About three-quarters of the patients in our study did not receive any medical treatments, and many patients saw a resolution of the lesion within 4 weeks. However, the symptoms lasted more than 8 weeks in 4 patients. Most of the patients with Mondor disease did not develop life-threatening complications, and explaining this nature to patients seems essential to prevent doctor shopping. Although one of our patients had preexisting breast cancer, no patients developed breast cancer within 1 year of Mondor disease diagnosis. Owing to the scarcity of data, it is still too early to conclude that breast cancer has a direct relation with Mondor disease.

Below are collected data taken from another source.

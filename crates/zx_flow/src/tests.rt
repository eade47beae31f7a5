// Labels of a comb: those that obey, and four labellings that do not.
ghost use Rattle.std.specs.Prelude.{◌≡◌};

use super::*;
use grid_box::Diagram;
use las_base::{Axis, Cell, Pauli, Port, Size, Way};
use las_spec::make_job;
use std::process::Abort;
use std::test::Fail;
use zx_graph::graph_of;

type Label = (Pauli, Pauli);

const NONE: Label = (Pauli::One, Pauli::One);

const X: Label = (Pauli::X, Pauli::X);

const Z: Label = (Pauli::Z, Pauli::Z);

// Z at the first two of three ports.
const ZZ: [Pauli; 3] = [Pauli::Z, Pauli::Z, Pauli::One];

fn at(i: u32, k: u32) -> Cell
    ensures { (result.i ≡ i) × (result.j ≡ 0) × (result.k ≡ k) }
{
    Cell { i, j: 0, k }
}

// Three ports above a row of cells, and pipes that join them: three Z spiders in a row, with a port at each.
fn comb(rt: &(impl Abort + AllocGlobal)) -> Result<ZxGraph, Fail> {
    let alloc = rt.alloc();
    let size = Size { i: 3, j: 1, k: 1 };
    let mut ports = Vec::new(alloc);
    for i in 0..3 {
        ports.push(Port {
            place: at(i, 1),
            axis: Axis::K,
            way: Way::Minus,
            z_axis: Axis::J,
        })?;
    }
    let mut flows = Vec::new(alloc);
    flows.push(FlowWord::new(ZZ.to_vec(alloc)?))?;
    let job = make_job(alloc, size, &ports, &flows, &[]);
    let job = job.ok().expect(rt, "ports above the row make a job");
    let mut diagram = Diagram::new(alloc, size)?;
    diagram.put_pipe(Axis::K, at(0, 0), Kind::X, Kind::X);
    diagram.put_pipe(Axis::K, at(1, 0), Kind::X, Kind::X);
    diagram.put_pipe(Axis::K, at(2, 0), Kind::X, Kind::X);
    diagram.put_pipe(Axis::I, at(0, 0), Kind::Z, Kind::Z);
    diagram.put_pipe(Axis::I, at(1, 0), Kind::Z, Kind::Z);
    assert!(rt; diagram.size() == job.size());
    Ok(graph_of(alloc, &job, &diagram)?)
}

fn breach_is(
    rt: &(impl Abort + AllocGlobal),
    graph: &ZxGraph,
    labels: &[Label],
    word: &[Pauli],
    want: Option<BadLabel>,
) -> Result<(), Fail> {
    let alloc = rt.alloc();
    let labels = Labels::new(labels.to_vec(alloc)?);
    let word = FlowWord::new(word.to_vec(alloc)?);
    assert!(rt; labels.pairs().len() == graph.edges().len() && word.letters().len() < 9);
    assert_eq!(rt; first_bad_label(graph, &labels, &word), want);
    Ok(())
}

#[test]
fn the_first_bad_label_of_a_comb_is_found(rt: HostRuntime) -> Result<(), Fail> {
    let graph = comb(&rt)?;
    let edge_3 = Some(BadLabel { rule: 1, place: 3 });
    let port_1 = Some(BadLabel { rule: 2, place: 1 });
    let node_0 = Some(BadLabel { rule: 4, place: 0 });
    let half = (Pauli::One, Pauli::Z);
    let x_alone = [Pauli::X, Pauli::One, Pauli::One];
    breach_is(&rt, &graph, &[Z, NONE, Z, Z, NONE], &ZZ, None)?;
    breach_is(&rt, &graph, &[Z, NONE, Z, half, NONE], &ZZ, edge_3)?;
    breach_is(&rt, &graph, &[Z, NONE, Z, NONE, NONE], &ZZ, port_1)?;
    breach_is(&rt, &graph, &[NONE, NONE, Z, Z, NONE], &ZZ, node_0)?;
    breach_is(&rt, &graph, &[NONE, NONE, X, NONE, NONE], &x_alone, node_0)
}
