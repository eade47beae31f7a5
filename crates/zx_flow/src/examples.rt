// Worked labels, whose first breach the definitions give by computation.
ghost use Rattle.zx_flow.specs.Examples.{WallExchangesXAndZ, CombLabelsObey, EdgeEndsDiffer, PortLetterIsWrong, SpiderIsOdd, YEndTakesOneOrY, XSpiderIsOdd};

pub fn wall_exchanges_x_and_z()
    ensures { WallExchangesXAndZ }
{}

pub fn comb_labels_obey()
    ensures { CombLabelsObey }
{}

pub fn edge_ends_differ_at_edge_3()
    ensures { EdgeEndsDiffer }
{}

pub fn port_letter_is_wrong_at_port_1()
    ensures { PortLetterIsWrong }
{}

pub fn spider_is_odd_at_node_0()
    ensures { SpiderIsOdd }
{}

pub fn y_end_takes_one_or_y()
    ensures { YEndTakesOneOrY }
{}

pub fn x_spider_is_odd_at_node_2()
    ensures { XSpiderIsOdd }
{}
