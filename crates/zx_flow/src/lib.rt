//! Flows of a ZX graph, which its labels show: a Pauli at each end of each edge. Callers ask for the first
//! breach of the rules F1 to F5 that labels obey for a word, and there is none exactly where they show the
//! flow. Each rule is a small test of one edge, port or node. The crate knows nothing of diagrams and of
//! sheets.
#![tactic(auto)]

ghost use Rattle.std.specs.Prelude.{◌≡◌, ◌↔◌, ◌<◌, ◌^◌, None, length};
ghost use Rattle.zx_flow.specs.Flows.{Labelled, bad_label};

mod ends;
pub mod examples;
mod labels;
pub mod laws;
mod rules;

pub use labels::Labels;
use las_base::Kind;
use las_spec::FlowWord;
use rules::{first_bad_edge, first_bad_port, first_bad_spider, first_bad_y_end};
use zx_graph::ZxGraph;

/// A rule of labels that is broken, and the number of the edge (rule 1), port (rule 2) or node (rules 3, 4
/// and 5) where it is.
#[derive(Clone, Copy, PartialEq, Eq, Debug)]
pub struct BadLabel {
    pub rule: u8,
    pub place: u32,
}

// The first breach, rule by rule.
fn first_broken(graph: &ZxGraph, labels: &Labels, word: &FlowWord) -> Option<BadLabel>
    requires { length word.now < 2 ^ 32 }
    ensures { result ≡ bad_label graph.now labels.now word.now }
{
    if let Some(place) = first_bad_edge(graph, labels) {
        return Some(BadLabel { rule: 1, place });
    }
    if let Some(place) = first_bad_port(graph, labels, word) {
        return Some(BadLabel { rule: 2, place });
    }
    if let Some(place) = first_bad_y_end(graph, labels) {
        return Some(BadLabel { rule: 3, place });
    }
    if let Some(place) = first_bad_spider(Kind::Z, graph, labels) {
        return Some(BadLabel { rule: 4, place });
    }
    if let Some(place) = first_bad_spider(Kind::X, graph, labels) {
        return Some(BadLabel { rule: 5, place });
    }
    None
}

/// The first breach of the rules of labels for a word: of the least rule, and among these at the least
/// place. A word has a letter for each port; behind the end of one that is too short no port is looked at.
/// It takes time in proportion to the nodes times the edges, and no memory.
pub fn first_bad_label(graph: &ZxGraph, labels: &Labels, word: &FlowWord) -> Option<BadLabel>
    requires one_each { length labels.now ≡ length graph.now.edges }
    requires word { length word.now < 2 ^ 32 }
    ensures first { result ≡ bad_label graph.now labels.now word.now }
    ensures none { (result ≡ None) ↔ Labelled graph.now labels.now word.now }
{
    first_broken(graph, labels, word)
}

#[cfg(test)]
mod tests;
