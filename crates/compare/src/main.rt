// Answers a script from standard input by the walk and by the full scan, side by side, and fails where the two differ.
#![tactic(auto)]

use anyhow::ensure;
use crosscheck::check;
use script::MAX_BYTES;
use std::io::Read;

// One byte more than a script may have tells that it is too long.
const LIMIT: u64 = MAX_BYTES as u64 + 1;

fn run(rt: &HostRuntime) -> anyhow::Result<()> {
    let mut text = Vec::new(rt.alloc());
    rt.stdin().take(LIMIT).read_to_end(&mut text)?;
    let report = check(rt.alloc(), &text)?;
    rt.print(report.text)?;
    ensure!(report.agree, "walk and full scan differ");
    Ok(())
}

fn main(rt: HostRuntime) -> anyhow::Result<()> {
    run(&rt)
}
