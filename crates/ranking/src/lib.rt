// Which of eight codes has the most votes.
#![tactic(auto)]

ghost use Rattle.std.specs.Prelude.{◌≡◌, slice_index};
ghost use Rattle.ranking.specs.Majority.{leader, Leads};

use std::cmp::Reverse;

// How many codes there are.
pub const CODES: usize = 8;

// The code with the most votes, the lowest where several have as many. A code is a number here, the index of its votes.
pub fn most_common(votes: &[u32; CODES]) -> u8
    ensures value { result ≡ leader (λ j. slice_index votes.now j) 8 }
    ensures leads { Leads (λ j. slice_index votes.now j) 8 result }
{
    // `min_by_key` keeps the first of several that are equal, and `max_by_key` would keep the last.
    (0..CODES as u8)
        .min_by_key(|code| Reverse(votes[usize::from(*code)]))
        .unwrap()
}
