//! What no clause says: searches that are cut, searched in shards and joined, with ample memory, and what does not belong
//! together.

use crate::checkpoints::{doubles, minimus};
use crate::stop_tests::MINIMUS;
use crate::test_calls::{Ending, check, check_faults, ends};
use std::test::Fail;

// A checkpoint of Plain Bob Doubles with two jobs, of 200 bytes.
const WHOLE: &str = doubles! {
    "", "found 0\njobs 2\njob 1\n0 b\njob 1\n0 p\nend\n";
};

// Its first shard of two.
const FIRST: &str = doubles! {
    "", "found 0\njobs 1\njob 1\n0 b\nend\n";
};

// Its second shard of two.
const SECOND: &str = doubles! {
    "", "found 0\njobs 1\njob 1\n0 p\nend\n";
};

// Both as blocks, of 400 bytes.
const TWO: &str = doubles! {
    "block 190\n", "found 0\njobs 1\njob 1\n0 b\nend\n";
    "block 190\n", "found 0\njobs 1\njob 1\n0 p\nend\n";
};

// Its three shards as blocks.
const THREE: &str = doubles! {
    "block 190\n", "found 0\njobs 1\njob 1\n0 b\nend\n";
    "block 190\n", "found 0\njobs 1\njob 1\n0 p\nend\n";
    "block 180\n", "found 0\njobs 0\nend\n";
};

// Its one shard as a block.
const ONE: &str = doubles! {
    "block 194\n", "found 0\njobs 1\njob 2\n0 b\n0 p\nend\n";
};

// The first shard twice.
const TWICE: &str = doubles! {
    "block 190\n", "found 0\njobs 1\njob 1\n0 b\nend\n";
    "block 190\n", "found 0\njobs 1\njob 1\n0 b\nend\n";
};

// Plain Bob Minimus cut into one.
const ROOT: &str = minimus! {
    "block 147\n", "found 0\njobs 1\njob 1\n0 -\nend\n";
};

// The first shard as a block.
const FIRST_BLOCK: &str = doubles! {
    "block 190\n", "found 0\njobs 1\njob 1\n0 b\nend\n";
};

// What the first shard covers.
const FIRST_BOOK: &str = "20 bb\ntouches 1\n";

// What the second shard covers.
const SECOND_BOOK: &str = "40 pppp\n60 pbpbpb\n100 ppbpbppbpb\n120 pppbpppbpppb\ntouches 4\n";

const CUT: &[&str] = &["--do", "cut", "--into", "2"];

const JOIN: &[&str] = &["--do", "join"];

// The words, what is read, and how the call ends.
const CALLS: &[(&[&str], &str, Ending<'static>)] = &[
    (CUT, WHOLE, (0, TWO, "")),
    (&["--do", "cut", "--into", "3"], WHOLE, (0, THREE, "")),
    (&["--do", "cut"], WHOLE, (0, ONE, "")),
    (&["--do", "cut"], MINIMUS, (0, ROOT, "")),
    (&[], FIRST, (0, FIRST_BOOK, "")),
    (&[], SECOND, (0, SECOND_BOOK, "")),
    (JOIN, TWO, (0, WHOLE, "")),
    (JOIN, THREE, (0, WHOLE, "")),
    (JOIN, TWICE, (11, "", "ringsearch: join 5 Overlap 0 1\n")),
    (JOIN, "", (11, "", "ringsearch: join 2 Blocks 0\n")),
    (
        JOIN,
        "block 2\nab",
        (11, "", "ringsearch: join 3 Check 0 1 Form 1\n"),
    ),
    (JOIN, "book", (11, "", "ringsearch: join 1 Form 1\n")),
    (CUT, "", (4, "", "ringsearch: problem 2 Key stage\n")),
    (
        CUT,
        "ringsearch checkpoint 3\n",
        (5, "", "ringsearch: checkpoint 1 Form 1\n"),
    ),
    (
        &["--do", "cut", "--into", "0"],
        WHOLE,
        (2, "", "ringsearch: words 9 Into\n"),
    ),
];

#[test]
fn searches_are_cut_and_joined(rt: HostRuntime) -> Result<(), Fail> {
    for &(words, input, ending) in CALLS {
        check(ending.1, ends(&rt, words, input.as_bytes(), ending)?)?;
    }
    Ok(())
}

#[test]
fn shards_of_other_problems_are_not_joined(rt: HostRuntime) -> Result<(), Fail> {
    let input = format!(in rt.alloc(); "{FIRST_BLOCK}{ROOT}")?;
    let ending = (11, "", "ringsearch: join 4 OtherProblem 1 8\n");
    check(
        "another problem",
        ends(&rt, JOIN, input.as_bytes(), ending)?,
    )
}

#[test]
fn shards_that_end_early_are_told_by_their_length(rt: HostRuntime) -> Result<(), Fail> {
    check("400 bytes", TWO.len() == 400)?;
    let front = TWO.as_bytes().get(..399).unwrap_or_default();
    let ending = (11, "", "ringsearch: join 1 Form 399\n");
    check("399 bytes", ends(&rt, JOIN, front, ending)?)
}

// The words, and what is read.
const FAILING: &[(&[&str], &str)] = &[(CUT, WHOLE), (JOIN, TWO)];

#[test]
fn reads_and_writes_that_fail_are_told(rt: HostRuntime) -> Result<(), Fail> {
    for &(words, input) in FAILING {
        check_faults(&rt, words, input.as_bytes())?;
    }
    Ok(())
}
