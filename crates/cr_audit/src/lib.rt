//! Logs of a whole search, and what they prove.
//!
//! A log has a line for each node that a search came to: `open`, or why no kept touch is below it. Where every verdict
//! holds, the kept touches of the open nodes are all there are: the log proves the problem's book. Nothing here is
//! shared with the search, so a log is checked by other code than wrote it.
//!
//! - [`audit`]: how many touches a book has, where it is what a log proves; else the first fault ([`AuditFault`]).
//! - [`LogLine`]: a line, a node and the verdict on it ([`Verdict`], [`Item`]).
//! - [`log_text`]: lines as they are written.
//!
//! The functions of [`laws`] do nothing; the contract of each is what is proved of logs.
#![tactic(auto)]

mod auditing;
mod booking;
mod counting;
mod differing;
mod digits;
mod fault;
mod fitting;
mod judging;
mod keeping;
pub mod laws;
mod limits;
mod line;
mod lines;
mod nodes;
mod path;
mod places;
mod reading;
mod touches;
mod verdict;
mod walk;
mod writing;

pub use auditing::audit;
pub use fault::AuditFault;
pub use line::LogLine;
pub use verdict::{Item, Verdict};
pub use writing::log_text;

The strength of our study is that it included relatively many cases of Mondor disease when most of the literatures on this disease were case reports. However, several limitations of this study should be acknowledged. First, it was a single-center observational study in a tertiary care academic center in Japan, where physicians offer several specialist services, including general medicine, dermatology, urology, and breast surgery. Therefore, the results may not be generalizable to other institutions with different patient, physician, and health care characteristics. For example, it is undeniable that we overestimated the proportion of Mondor disease patients with underlying diseases because patients without any other comorbidities may visit clinics rather than tertiary academic hospitals. To increase external validity, we are planning to perform a multicenter study with an increased sample size in the near future. Second, although we attempted to ascertain the diagnosis and associated factors through a meticulous chart review, the results could have been subject to incomplete documentation owing to the retrospective nature of this study. Third, blood tests and other diagnostic tests were not performed in most cases. Although most of our patients did not develop complications after the diagnosis of Mondor disease, it is undeniable that our patients may have had some overlooked conditions.

In conclusion, we found that Mondor disease can develop among a broadly aged population, and specific treatments were not necessary in most cases. The diagnosis of Mondor disease is rather straightforward and based on physical findings; however, some cases occurred “secondary” to another underlying disease in our study. Therefore, it is critical to precisely identify Mondor disease, evaluate any possible underlying condition, and avoid unnecessary invasive tests or treatment.